Raw data:
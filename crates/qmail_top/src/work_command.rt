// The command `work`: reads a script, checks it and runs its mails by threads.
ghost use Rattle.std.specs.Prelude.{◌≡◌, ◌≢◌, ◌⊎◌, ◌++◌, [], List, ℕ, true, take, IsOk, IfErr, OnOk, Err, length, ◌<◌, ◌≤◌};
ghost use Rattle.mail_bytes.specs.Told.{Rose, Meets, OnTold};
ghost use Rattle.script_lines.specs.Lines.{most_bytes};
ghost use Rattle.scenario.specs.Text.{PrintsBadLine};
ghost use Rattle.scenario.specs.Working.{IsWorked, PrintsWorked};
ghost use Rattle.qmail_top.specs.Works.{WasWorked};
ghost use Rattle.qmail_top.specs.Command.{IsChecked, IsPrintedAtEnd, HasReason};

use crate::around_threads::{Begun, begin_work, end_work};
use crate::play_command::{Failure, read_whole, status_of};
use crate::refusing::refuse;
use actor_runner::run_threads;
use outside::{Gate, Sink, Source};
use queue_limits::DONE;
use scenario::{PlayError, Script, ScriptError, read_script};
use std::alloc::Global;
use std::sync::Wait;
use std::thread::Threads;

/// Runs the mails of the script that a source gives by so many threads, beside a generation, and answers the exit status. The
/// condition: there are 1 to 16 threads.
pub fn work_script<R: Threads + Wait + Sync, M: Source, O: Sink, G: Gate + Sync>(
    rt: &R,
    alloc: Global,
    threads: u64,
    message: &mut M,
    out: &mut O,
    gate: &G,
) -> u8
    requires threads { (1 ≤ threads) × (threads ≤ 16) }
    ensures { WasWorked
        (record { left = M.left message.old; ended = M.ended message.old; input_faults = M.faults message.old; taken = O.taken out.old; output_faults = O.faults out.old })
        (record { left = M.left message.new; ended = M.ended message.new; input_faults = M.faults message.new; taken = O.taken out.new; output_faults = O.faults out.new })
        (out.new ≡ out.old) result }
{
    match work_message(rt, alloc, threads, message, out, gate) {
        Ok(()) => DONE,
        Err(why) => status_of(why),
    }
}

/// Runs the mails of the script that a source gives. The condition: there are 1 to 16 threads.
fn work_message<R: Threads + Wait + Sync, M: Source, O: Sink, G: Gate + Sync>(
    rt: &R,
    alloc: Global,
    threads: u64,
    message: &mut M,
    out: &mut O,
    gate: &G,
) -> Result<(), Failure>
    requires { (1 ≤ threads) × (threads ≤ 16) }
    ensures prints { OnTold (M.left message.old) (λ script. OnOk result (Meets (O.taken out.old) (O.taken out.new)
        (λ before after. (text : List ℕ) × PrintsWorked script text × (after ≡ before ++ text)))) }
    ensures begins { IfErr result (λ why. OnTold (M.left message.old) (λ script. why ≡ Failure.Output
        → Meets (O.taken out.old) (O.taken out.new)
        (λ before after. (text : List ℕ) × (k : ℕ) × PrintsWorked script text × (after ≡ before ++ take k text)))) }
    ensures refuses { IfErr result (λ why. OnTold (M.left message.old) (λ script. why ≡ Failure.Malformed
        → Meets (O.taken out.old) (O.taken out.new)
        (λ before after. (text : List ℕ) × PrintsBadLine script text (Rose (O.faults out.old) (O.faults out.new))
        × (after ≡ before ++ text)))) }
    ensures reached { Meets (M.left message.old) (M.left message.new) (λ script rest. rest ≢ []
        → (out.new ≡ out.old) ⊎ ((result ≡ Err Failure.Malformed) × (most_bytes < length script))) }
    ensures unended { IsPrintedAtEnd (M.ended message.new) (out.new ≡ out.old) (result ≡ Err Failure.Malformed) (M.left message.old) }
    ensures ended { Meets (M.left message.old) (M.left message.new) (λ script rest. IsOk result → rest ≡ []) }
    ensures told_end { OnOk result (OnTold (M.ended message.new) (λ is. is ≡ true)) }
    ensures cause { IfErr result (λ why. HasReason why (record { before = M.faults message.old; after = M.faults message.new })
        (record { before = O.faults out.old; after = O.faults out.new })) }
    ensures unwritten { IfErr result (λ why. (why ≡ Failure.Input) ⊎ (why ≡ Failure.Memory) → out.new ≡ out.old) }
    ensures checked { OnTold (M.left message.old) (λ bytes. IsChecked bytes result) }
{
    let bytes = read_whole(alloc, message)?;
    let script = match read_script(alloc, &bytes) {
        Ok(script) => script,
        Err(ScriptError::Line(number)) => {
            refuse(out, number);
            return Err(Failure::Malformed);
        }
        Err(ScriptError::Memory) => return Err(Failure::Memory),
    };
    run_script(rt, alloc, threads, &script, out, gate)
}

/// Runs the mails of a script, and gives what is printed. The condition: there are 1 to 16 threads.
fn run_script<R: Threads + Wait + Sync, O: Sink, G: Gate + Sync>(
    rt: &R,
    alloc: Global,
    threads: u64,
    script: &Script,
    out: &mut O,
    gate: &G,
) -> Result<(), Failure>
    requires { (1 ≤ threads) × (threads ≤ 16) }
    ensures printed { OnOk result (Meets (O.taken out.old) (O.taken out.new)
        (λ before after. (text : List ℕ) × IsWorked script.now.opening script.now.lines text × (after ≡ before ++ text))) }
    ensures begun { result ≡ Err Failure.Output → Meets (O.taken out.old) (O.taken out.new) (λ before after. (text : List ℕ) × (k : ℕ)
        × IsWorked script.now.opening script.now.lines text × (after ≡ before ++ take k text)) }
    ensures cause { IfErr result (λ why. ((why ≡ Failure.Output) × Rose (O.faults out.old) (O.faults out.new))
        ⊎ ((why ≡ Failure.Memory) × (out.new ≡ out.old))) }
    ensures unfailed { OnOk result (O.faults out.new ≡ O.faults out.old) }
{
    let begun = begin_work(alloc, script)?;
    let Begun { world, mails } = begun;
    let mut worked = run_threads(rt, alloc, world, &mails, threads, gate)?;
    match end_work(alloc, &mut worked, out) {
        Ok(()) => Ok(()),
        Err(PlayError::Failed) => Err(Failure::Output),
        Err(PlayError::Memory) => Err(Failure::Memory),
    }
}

Task brief:
Each entry above is to be transcribed exactly as it was written.

Solution for this task:
filename crates/qmail_top/src/work_command.rt
// The command `work`: reads a script, checks it and runs its mails by threads.
ghost use Rattle.std.specs.Prelude.{◌≡◌, ◌≢◌, ◌⊎◌, ◌++◌, [], List, ℕ, true, take, IsOk, IfErr, OnOk, Err, length, ◌<◌, ◌≤◌};
ghost use Rattle.mail_bytes.specs.Told.{Rose, Meets, OnTold};
ghost use Rattle.script_lines.specs.Lines.{most_bytes};
ghost use Rattle.scenario.specs.Text.{PrintsBadLine};
ghost use Rattle.scenario.specs.Working.{IsWorked, PrintsWorked};
ghost use Rattle.qmail_top.specs.Works.{WasWorked};
ghost use Rattle.qmail_top.specs.Command.{IsChecked, IsPrintedAtEnd, HasReason};

use crate::around_threads::{Begun, begin_work, end_work};
use crate::play_command::{Failure, read_whole, status_of};
use crate::refusing::refuse;
use actor_runner::run_threads;
use outside::{Gate, Sink, Source};
use queue_limits::DONE;
use scenario::{PlayError, Script, ScriptError, read_script};
use std::alloc::Global;
use std::sync::Wait;
use std::thread::Threads;

/// Runs the mails of the script that a source gives by so many threads, beside a generation, and answers the exit status. The
/// condition: there are 1 to 16 threads.
pub fn work_script<R: Threads + Wait + Sync, M: Source, O: Sink, G: Gate + Sync>(
    rt: &R,
    alloc: Global,
    threads: u64,
    message: &mut M,
    out: &mut O,
    gate: &G,
) -> u8
    requires threads { (1 ≤ threads) × (threads ≤ 16) }
    ensures { WasWorked
        (record { left = M.left message.old; ended = M.ended message.old; input_faults = M.faults message.old; taken = O.taken out.old; output_faults = O.faults out.old })
        (record { left = M.left message.new; ended = M.ended message.new; input_faults = M.faults message.new; taken = O.taken out.new; output_faults = O.faults out.new })
        (out.new ≡ out.old) result }
{
    match work_message(rt, alloc, threads, message, out, gate) {
        Ok(()) => DONE,
        Err(why) => status_of(why),
    }
}

/// Runs the mails of the script that a source gives. The condition: there are 1 to 16 threads.
fn work_message<R: Threads + Wait + Sync, M: Source, O: Sink, G: Gate + Sync>(
    rt: &R,
    alloc: Global,
    threads: u64,
    message: &mut M,
    out: &mut O,
    gate: &G,
) -> Result<(), Failure>
    requires { (1 ≤ threads) × (threads ≤ 16) }
    ensures prints { OnTold (M.left message.old) (λ script. OnOk result (Meets (O.taken out.old) (O.taken out.new)
        (λ before after. (text : List ℕ) × PrintsWorked script text × (after ≡ before ++ text)))) }
    ensures begins { IfErr result (λ why. OnTold (M.left message.old) (λ script. why ≡ Failure.Output
        → Meets (O.taken out.old) (O.taken out.new)
        (λ before after. (text : List ℕ) × (k : ℕ) × PrintsWorked script text × (after ≡ before ++ take k text)))) }
    ensures refuses { IfErr result (λ why. OnTold (M.left message.old) (λ script. why ≡ Failure.Malformed
        → Meets (O.taken out.old) (O.taken out.new)
        (λ before after. (text : List ℕ) × PrintsBadLine script text (Rose (O.faults out.old) (O.faults out.new))
        × (after ≡ before ++ text)))) }
    ensures reached { Meets (M.left message.old) (M.left message.new) (λ script rest. rest ≢ []
        → (out.new ≡ out.old) ⊎ ((result ≡ Err Failure.Malformed) × (most_bytes < length script))) }
    ensures unended { IsPrintedAtEnd (M.ended message.new) (out.new ≡ out.old) (result ≡ Err Failure.Malformed) (M.left message.old) }
    ensures ended { Meets (M.left message.old) (M.left message.new) (λ script rest. IsOk result → rest ≡ []) }
    ensures told_end { OnOk result (OnTold (M.ended message.new) (λ is. is ≡ true)) }
    ensures cause { IfErr result (λ why. HasReason why (record { before = M.faults message.old; after = M.faults message.new })
        (record { before = O.faults out.old; after = O.faults out.new })) }
    ensures unwritten { IfErr result (λ why. (why ≡ Failure.Input) ⊎ (why ≡ Failure.Memory) → out.new ≡ out.old) }
    ensures checked { OnTold (M.left message.old) (λ bytes. IsChecked bytes result) }
{
    let bytes = read_whole(alloc, message)?;
    let script = match read_script(alloc, &bytes) {
        Ok(script) => script,
        Err(ScriptError::Line(number)) => {
            refuse(out, number);
            return Err(Failure::Malformed);
        }
        Err(ScriptError::Memory) => return Err(Failure::Memory),
    };
    run_script(rt, alloc, threads, &script, out, gate)
}

/// Runs the mails of a script, and gives what is printed. The condition: there are 1 to 16 threads.
fn run_script<R: Threads + Wait + Sync, O: Sink, G: Gate + Sync>(
    rt: &R,
    alloc: Global,
    threads: u64,
    script: &Script,
    out: &mut O,
    gate: &G,
) -> Result<(), Failure>
    requires { (1 ≤ threads) × (threads ≤ 16) }
    ensures printed { OnOk result (Meets (O.taken out.old) (O.taken out.new)
        (λ before after. (text : List ℕ) × IsWorked script.now.opening script.now.lines text × (after ≡ before ++ text))) }
    ensures begun { result ≡ Err Failure.Output → Meets (O.taken out.old) (O.taken out.new) (λ before after. (text : List ℕ) × (k : ℕ)
        × IsWorked script.now.opening script.now.lines text × (after ≡ before ++ take k text)) }
    ensures cause { IfErr result (λ why. ((why ≡ Failure.Output) × Rose (O.faults out.old) (O.faults out.new))
        ⊎ ((why ≡ Failure.Memory) × (out.new ≡ out.old))) }
    ensures unfailed { OnOk result (O.faults out.new ≡ O.faults out.old) }
{
    let begun = begin_work(alloc, script)?;
    let Begun { world, mails } = begun;
    let mut worked = run_threads(rt, alloc, world, &mails, threads, gate)?;
    match end_work(alloc, &mut worked, out) {
        Ok(()) => Ok(()),
        Err(PlayError::Failed) => Err(Failure::Output),
        Err(PlayError::Memory) => Err(Failure::Memory),
    }
}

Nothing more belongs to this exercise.